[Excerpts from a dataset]
==========

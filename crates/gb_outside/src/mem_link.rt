//! A connection in memory, by which tests and proofs see what is written to it.
ghost use Rattle.std.specs.Prelude.{◌≡◌, Some, [], IfOk};

use crate::calls::Calls;
use crate::moves::move_front;
use crate::{Got, Link, Wrote};
use gb_base::NoMemory;
use std::alloc::Global;
use std::marker::Model;

/// A connection that gives the bytes of a slice and keeps the bytes that are written, up to a room
/// that is taken when it is made. Calls of chosen numbers fail, reads and writes counted together,
/// and so does a write that finds no room.
#[derive(Debug, Drop)]
pub struct MemLink<'a> {
    bytes: &'a [u8],
    written: Vec<u8>,
    room: usize,
    calls: Calls<'a>,
    faults: u64,
}

impl<'a> Model for MemLink<'a> {
    ghost use Rattle.std.specs.Prelude.{◌≤◌, vec_len};
    ghost use Rattle.std.specs.Vec.{vec_capacity};
    ghost use Rattle.gb_outside.specs.InMemory.{BytesBothWays};

    ghost Value = { BytesBothWays };

    ghost view = { λ a. record { left = a.bytes.now; written = a.written.items; room = a.room; plan = a.calls; faults = a.faults } };

    ghost invariant = { λ a. (vec_len a.written ≤ a.room) × (a.room ≤ vec_capacity a.written) };
}

impl<'a> MemLink<'a> {
    /// These bytes, all still to come, and room for `room` bytes, none written. `fail` has the
    /// numbers, from 1, of the calls that are to fail.
    pub fn new(
        alloc: Global,
        bytes: &'a [u8],
        room: usize,
        fail: &'a [u32],
    ) -> Result<MemLink<'a>, NoMemory>
        ensures left { IfOk result (λ link. ⟦<MemLink<'a> as Link>⟧.left link ≡ Some bytes.now) }
        ensures written { IfOk result (λ link. ⟦<MemLink<'a> as Link>⟧.written link ≡ Some []) }
        ensures faults { IfOk result (λ link. ⟦<MemLink<'a> as Link>⟧.faults link ≡ 0) }
        ensures room { IfOk result (λ link. link.room ≡ room) }
        ensures plan { IfOk result (λ link. link.plan ≡ record { made = 0; failing = fail.now }) }
    {
        Ok(MemLink {
            bytes,
            written: Vec::with_capacity(alloc, room)?,
            room,
            calls: Calls::new(fail),
            faults: 0,
        })
    }

    /// The bytes written.
    pub fn written(&self) -> &[u8]
        ensures { ⟦<MemLink<'a> as Link>⟧.written self.now ≡ Some result.now }
    {
        &self.written
    }
}

impl Link for MemLink<'_> {
    ghost use Rattle.std.specs.Prelude.{◌<◌, ◌-◌, length, Some};
    ghost use Rattle.gb_outside.specs.Bytes.{IsGot, Reads, read_failed, IsTaken, Writes, write_failed};
    ghost use Rattle.gb_outside.specs.Faults.{Counts, faults_after};
    ghost use Rattle.gb_outside.specs.InMemory.{fails_next, after_call, read_answer, write_answer};

    ghost left = { λ s. Some s.left };

    ghost written = { λ s. Some s.written };

    ghost faults = { λ s. s.faults };

    fn read(&mut self, into: &mut [u8]) -> Got
        requires { 0 < length into.old }
        ensures count { IsGot result (length into.new) }
        ensures content { Reads (Some self.old.left) (Some self.new.left) result into.new }
        ensures written { Some self.new.written ≡ Some self.old.written }
        ensures cause { Counts self.old.faults self.new.faults (read_failed result) }
        ensures once { self.new.faults ≡ faults_after self.old.faults (read_failed result) }
        ensures answer { result ≡ read_answer (fails_next self.old.plan) self.old.left (length into.old) }
        ensures plan { self.new.plan ≡ after_call self.old.plan }
        ensures room { self.new.room ≡ self.old.room }
    {
        if self.calls.next_fails() {
            self.faults = self.faults.saturating_add(1);
            return Got::Failed;
        }
        if self.bytes.is_empty() {
            return Got::End;
        }
        let (n, rest) = move_front(self.bytes, into);
        self.bytes = rest;
        Got::Bytes(n)
    }

    fn write(&mut self, piece: &[u8]) -> Wrote
        ensures count { IsTaken result (length piece.now) }
        ensures content { Writes (Some self.old.written) (Some self.new.written) result piece.now }
        ensures left { Some self.new.left ≡ Some self.old.left }
        ensures cause { Counts self.old.faults self.new.faults (write_failed result) }
        ensures once { self.new.faults ≡ faults_after self.old.faults (write_failed result) }
        ensures answer { result
            ≡ write_answer (fails_next self.old.plan) (length piece.now) (self.old.room - length self.old.written) }
        ensures plan { self.new.plan ≡ after_call self.old.plan }
        ensures room { self.new.room ≡ self.old.room }
    {
        let spare = self.room - self.written.len();
        if self.calls.next_fails() || (spare == 0 && !piece.is_empty()) {
            self.faults = self.faults.saturating_add(1);
            return Wrote::Failed;
        }
        let n = piece.len().min(spare);
        match self.written.extend_from_slice(&piece[..n]) {
            Ok(()) => Wrote::Took(n),
            Err(_) => unreachable!(),
        }
    }
}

==========

- Aim of the exercise -
Type out the entries exactly as they appear above.

- Result of this exercise -
filename crates/gb_outside/src/mem_link.rt
//! A connection in memory, by which tests and proofs see what is written to it.
ghost use Rattle.std.specs.Prelude.{◌≡◌, Some, [], IfOk};

use crate::calls::Calls;
use crate::moves::move_front;
use crate::{Got, Link, Wrote};
use gb_base::NoMemory;
use std::alloc::Global;
use std::marker::Model;

/// A connection that gives the bytes of a slice and keeps the bytes that are written, up to a room
/// that is taken when it is made. Calls of chosen numbers fail, reads and writes counted together,
/// and so does a write that finds no room.
#[derive(Debug, Drop)]
pub struct MemLink<'a> {
    bytes: &'a [u8],
    written: Vec<u8>,
    room: usize,
    calls: Calls<'a>,
    faults: u64,
}

impl<'a> Model for MemLink<'a> {
    ghost use Rattle.std.specs.Prelude.{◌≤◌, vec_len};
    ghost use Rattle.std.specs.Vec.{vec_capacity};
    ghost use Rattle.gb_outside.specs.InMemory.{BytesBothWays};

    ghost Value = { BytesBothWays };

    ghost view = { λ a. record { left = a.bytes.now; written = a.written.items; room = a.room; plan = a.calls; faults = a.faults } };

    ghost invariant = { λ a. (vec_len a.written ≤ a.room) × (a.room ≤ vec_capacity a.written) };
}

impl<'a> MemLink<'a> {
    /// These bytes, all still to come, and room for `room` bytes, none written. `fail` has the
    /// numbers, from 1, of the calls that are to fail.
    pub fn new(
        alloc: Global,
        bytes: &'a [u8],
        room: usize,
        fail: &'a [u32],
    ) -> Result<MemLink<'a>, NoMemory>
        ensures left { IfOk result (λ link. ⟦<MemLink<'a> as Link>⟧.left link ≡ Some bytes.now) }
        ensures written { IfOk result (λ link. ⟦<MemLink<'a> as Link>⟧.written link ≡ Some []) }
        ensures faults { IfOk result (λ link. ⟦<MemLink<'a> as Link>⟧.faults link ≡ 0) }
        ensures room { IfOk result (λ link. link.room ≡ room) }
        ensures plan { IfOk result (λ link. link.plan ≡ record { made = 0; failing = fail.now }) }
    {
        Ok(MemLink {
            bytes,
            written: Vec::with_capacity(alloc, room)?,
            room,
            calls: Calls::new(fail),
            faults: 0,
        })
    }

    /// The bytes written.
    pub fn written(&self) -> &[u8]
        ensures { ⟦<MemLink<'a> as Link>⟧.written self.now ≡ Some result.now }
    {
        &self.written
    }
}

impl Link for MemLink<'_> {
    ghost use Rattle.std.specs.Prelude.{◌<◌, ◌-◌, length, Some};
    ghost use Rattle.gb_outside.specs.Bytes.{IsGot, Reads, read_failed, IsTaken, Writes, write_failed};
    ghost use Rattle.gb_outside.specs.Faults.{Counts, faults_after};
    ghost use Rattle.gb_outside.specs.InMemory.{fails_next, after_call, read_answer, write_answer};

    ghost left = { λ s. Some s.left };

    ghost written = { λ s. Some s.written };

    ghost faults = { λ s. s.faults };

    fn read(&mut self, into: &mut [u8]) -> Got
        requires { 0 < length into.old }
        ensures count { IsGot result (length into.new) }
        ensures content { Reads (Some self.old.left) (Some self.new.left) result into.new }
        ensures written { Some self.new.written ≡ Some self.old.written }
        ensures cause { Counts self.old.faults self.new.faults (read_failed result) }
        ensures once { self.new.faults ≡ faults_after self.old.faults (read_failed result) }
        ensures answer { result ≡ read_answer (fails_next self.old.plan) self.old.left (length into.old) }
        ensures plan { self.new.plan ≡ after_call self.old.plan }
        ensures room { self.new.room ≡ self.old.room }
    {
        if self.calls.next_fails() {
            self.faults = self.faults.saturating_add(1);
            return Got::Failed;
        }
        if self.bytes.is_empty() {
            return Got::End;
        }
        let (n, rest) = move_front(self.bytes, into);
        self.bytes = rest;
        Got::Bytes(n)
    }

    fn write(&mut self, piece: &[u8]) -> Wrote
        ensures count { IsTaken result (length piece.now) }
        ensures content { Writes (Some self.old.written) (Some self.new.written) result piece.now }
        ensures left { Some self.new.left ≡ Some self.old.left }
        ensures cause { Counts self.old.faults self.new.faults (write_failed result) }
        ensures once { self.new.faults ≡ faults_after self.old.faults (write_failed result) }
        ensures answer { result
            ≡ write_answer (fails_next self.old.plan) (length piece.now) (self.old.room - length self.old.written) }
        ensures plan { self.new.plan ≡ after_call self.old.plan }
        ensures room { self.new.room ≡ self.old.room }
    {
        let spare = self.room - self.written.len();
        if self.calls.next_fails() || (spare == 0 && !piece.is_empty()) {
            self.faults = self.faults.saturating_add(1);
            return Wrote::Failed;
        }
        let n = piece.len().min(spare);
        match self.written.extend_from_slice(&piece[..n]) {
            Ok(()) => Wrote::Took(n),
            Err(_) => unreachable!(),
        }
    }
}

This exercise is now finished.